他不说“是”,也没说“不是”,只是微微笑着。这使得张素素老大不高兴,向李玉亭白了一眼,她噘起猩红的小嘴唇,叽叽咕咕地说:

    “好!我记得你这一遭!大凡教书的人总是那么灰色的,大学教授更甚。学生甲这么说,学生乙又是那么说,好,我们的教授既不敢左袒,又不敢右倾,只好摆出一副挨打的脸儿嘻嘻的傻笑。——但是,李教授李玉亭呀!你在这里不是上课,这里是吴公馆的会客厅!”

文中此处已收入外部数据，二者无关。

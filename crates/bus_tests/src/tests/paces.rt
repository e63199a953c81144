//! The bounds that go by the drives' pace, each at its least moment and 1 before it.

use crate::tests::bounds::Bound;
use crate::tests::decided::names;
use crate::tests::plays::*;
use crate::tests::reading::{add, after};
use crate::tests::verdicts::{breaks, keeps};
use Line::*;
use Pace::*;
use Way::*;
use cbm_iec::*;
use std::alloc::Global;
use std::process::Abort;

// The change of the host that comes after a wait, and from when that is counted: ATN's release, or the first accept.
#[derive(Clone, Copy, PartialEq, Eq, Drop)]
enum Waits {
    // ATN's pull after its release, with nobody or a listener.
    PullAfterNobody,
    PullAfterListener,
    // CLOCK's release after ATN's, with a talker.
    Turn,
    // ATN's release after a byte, and its pull after a byte to listeners.
    Release,
    PullAfterByte,
}

// The change, the drives' reactions and paces from device 8 on, the bytes in attention, the least reaction of those that
// hear the last byte, and the least wait.
type Row = (Waits, &'static [(u8, Pace)], &'static [u8], u64, u64);

const ROWS: [Row; 24] = [
    (Waits::PullAfterNobody, &[(20, Profile)], &[0x3f], 20, 100),
    (Waits::PullAfterNobody, &[(20, Kernal)], &[0x3f], 20, 61),
    (
        Waits::PullAfterNobody,
        &[(60, Kernal), (1, Kernal)],
        &[0x3f],
        1,
        61,
    ),
    (
        Waits::PullAfterNobody,
        &[(20, Kernal), (30, Profile)],
        &[0x3f],
        20,
        100,
    ),
    (Waits::PullAfterListener, &[(20, Profile)], &[0x28], 20, 100),
    (Waits::PullAfterListener, &[(20, Kernal)], &[0x28], 20, 61),
    (
        Waits::PullAfterListener,
        &[(1, Kernal), (60, Kernal)],
        &[0x28],
        1,
        61,
    ),
    (
        Waits::PullAfterListener,
        &[(1, Profile), (60, Kernal)],
        &[0x28],
        1,
        100,
    ),
    (Waits::Turn, &[(20, Profile)], &[0x48], 20, 20),
    (Waits::Turn, &[(20, Kernal)], &[0x48], 20, 15),
    (Waits::Turn, &[(60, Kernal), (1, Profile)], &[0x48], 1, 15),
    (Waits::Turn, &[(1, Profile), (60, Kernal)], &[0x48], 1, 20),
    (Waits::Release, &[(20, Profile)], &[0x3f], 20, 20),
    (Waits::Release, &[(20, Kernal)], &[0x3f], 20, 20),
    (
        Waits::Release,
        &[(20, Profile), (30, Profile)],
        &[0x3f],
        20,
        60,
    ),
    (
        Waits::Release,
        &[(20, Kernal), (30, Profile)],
        &[0x3f],
        20,
        60,
    ),
    (
        Waits::Release,
        &[(20, Kernal), (30, Kernal)],
        &[0x3f],
        20,
        20,
    ),
    (
        Waits::Release,
        &[(40, Kernal), (10, Kernal)],
        &[0x3f],
        10,
        31,
    ),
    (
        Waits::Release,
        &[(1, Kernal), (20, Kernal), (60, Kernal)],
        &[0x3f],
        1,
        60,
    ),
    (Waits::PullAfterByte, &[(20, Kernal)], &[0x28], 20, 20),
    (
        Waits::PullAfterByte,
        &[(10, Profile), (40, Profile)],
        &[0x28, 0x29],
        10,
        60,
    ),
    (
        Waits::PullAfterByte,
        &[(10, Kernal), (40, Kernal)],
        &[0x28, 0x29],
        10,
        31,
    ),
    (
        Waits::PullAfterByte,
        &[(10, Kernal), (60, Kernal)],
        &[0x28],
        10,
        20,
    ),
    (
        Waits::PullAfterByte,
        &[(10, Kernal), (60, Profile)],
        &[0x28],
        10,
        60,
    ),
];

// ATN's pull, with CLOCK's where that is free.
fn pull(rt: &impl Abort, changes: &mut Vec<Change>, moment: u64, clock: bool) {
    add(rt, changes, at(moment, Atn, Pull));
    if clock {
        add(rt, changes, at(moment, Clock, Pull));
    }
}

// An attention of these bytes from rest; the last pull of CLOCK.
fn attend(rt: &impl Abort, changes: &mut Vec<Change>, bytes: &[u8]) -> u64 {
    pull(rt, changes, 0, true);
    let mut ready = 100;
    for byte in bytes {
        send(rt, changes, *byte, ready, after(ready, 80));
        ready = after(ready, 600);
    }
    ready.wrapping_sub(200)
}

// The host of a row, with that wait; when its last change comes.
fn host(rt: &impl Abort, changes: &mut Vec<Change>, row: &Row, wait: u64) -> u64 {
    let (waits, _, bytes, fastest, _) = *row;
    let end = attend(rt, changes, bytes);
    let release = match waits {
        Waits::Release => after(after(end, fastest), wait),
        _ => after(end, 120),
    };
    if waits == Waits::Turn {
        add(rt, changes, at(release, Data, Pull));
    }
    add(rt, changes, at(release, Atn, Free));
    let last = after(release, wait);
    match waits {
        Waits::Release => {
            add(rt, changes, at(release, Clock, Free));
            return release;
        }
        Waits::Turn => add(rt, changes, at(last, Clock, Free)),
        Waits::PullAfterListener => pull(rt, changes, last, false),
        Waits::PullAfterNobody => {
            add(rt, changes, at(release, Clock, Free));
            pull(rt, changes, last, true)
        }
        Waits::PullAfterByte => {
            send(rt, changes, 0x41, after(release, 100), after(release, 180));
            let last = after(release, after(500, after(fastest, wait)));
            pull(rt, changes, last, false);
            return last;
        }
    }
    last
}

fn bound(waits: Waits) -> Bound {
    match waits {
        Waits::Turn => Bound::Turn,
        Waits::Release => Bound::Release,
        _ => Bound::Attention,
    }
}

fn parties(rt: &impl Abort, alloc: Global, row: &Row) -> Vec<Party> {
    let mut parties = Vec::new(alloc);
    let mut device = 8;
    for (reaction, pace) in row.1 {
        let pace = *pace;
        let party = one(device, *reaction);
        add(rt, &mut parties, Party { pace, ..party });
        device = if device < 11 { device + 1 } else { 11 };
    }
    parties
}

// The host of a row with that wait keeps the timing, or breaks the bound by 1.
fn try_row(rt: &impl Abort, alloc: Global, row: &Row, number: u64, wait: u64) {
    let mut changes = Vec::new(alloc);
    let end = after(host(rt, &mut changes, row, wait), 300);
    let mut bus = Bus::new(rt, alloc, &parties(rt, alloc, row));
    bus.play(rt, &changes, end);
    if wait == row.4 {
        return keeps(rt, alloc, &bus, end, "a bound by the pace, row", number);
    }
    breaks(rt, alloc, &bus, end, "a bound by the pace, row", number);
    names(rt, alloc, &bus, end, bound(row.0), number)
}

#[test]
fn waits_by_the_pace(rt: HostRuntime) {
    let mut number = 0;
    for row in &ROWS {
        try_row(&rt, rt.alloc(), row, number, row.4);
        try_row(&rt, rt.alloc(), row, number, row.4.wrapping_sub(1));
        number = after(number, 1);
    }
}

    李玉亭当真不笑了,那神气就像挨了打似的。站在林佩珊后面的男客凑到她耳朵边轻轻地不知说了怎么一句,林佩珊就嗤的一声笑了出来,并且把那俊俏的眼光在张素素脸上掠过。立刻张素素的嫩脸上飞起一片红云,她陡的扭转腰肢,扑到林佩珊身上,恨恨地说:

    “你们表兄妹捣什么鬼!说我的坏话?非要你讨饶不行!”

    林佩珊吃吃地笑着,保护着自己的顶怕人搔摸的部分,一步一步往后退,又夹在笑声中叫道:

    “博文,是你闯祸,你倒袖手旁观呢!”

    此时忽然来了汽车的喇叭声,转瞬间已到大客厅前,就有一个高大的穿洋服的中年男子飞步跑进来,后面跟着两个穿白制服的看护妇捧着很大的皮包。张素素立刻放开了林佩珊,招呼那新来者:

    “好极了,丁医生!病人在小客厅!”

    说着,她就跳到小客厅门前,旋开了门,让丁医生和看护妇都进去了,她自己也往门里一闪,随手就带上了门。

    林佩珊一面掠头发,一面对她的表哥范博文说:

    “你看丁医生的汽车就像救火车,直冲到客厅前。”

    “但是丁医生的使命却是要燃起吴老太爷身里的生命之火,而不是扑灭那个火。”

    “你又在做诗了么?嘻——”

    林佩珊佯嗔地睃了她表哥一眼,就往小客厅那方向走。但在未到之前,小客厅的门开了,张素素轻手轻脚踅出来,后面是一个看护妇,将她手里的白瓷方盘对伺候客厅的当差一扬,说了一个字:“水!”接着,那看护妇又缩了进去,小客厅的门依然关上。

    探询的眼光从四面八方射出来,集中于张素素的脸上。张素素摇头,不作声,闷闷的绕着一张花梨木的圆桌子走。随后,她站在林佩珊他们三个面前,悄悄地说:

    “丁医生说是脑充血,是突然受了猛烈刺激所致。有没有救,此刻还没准。猛烈的刺激?真是怪事!”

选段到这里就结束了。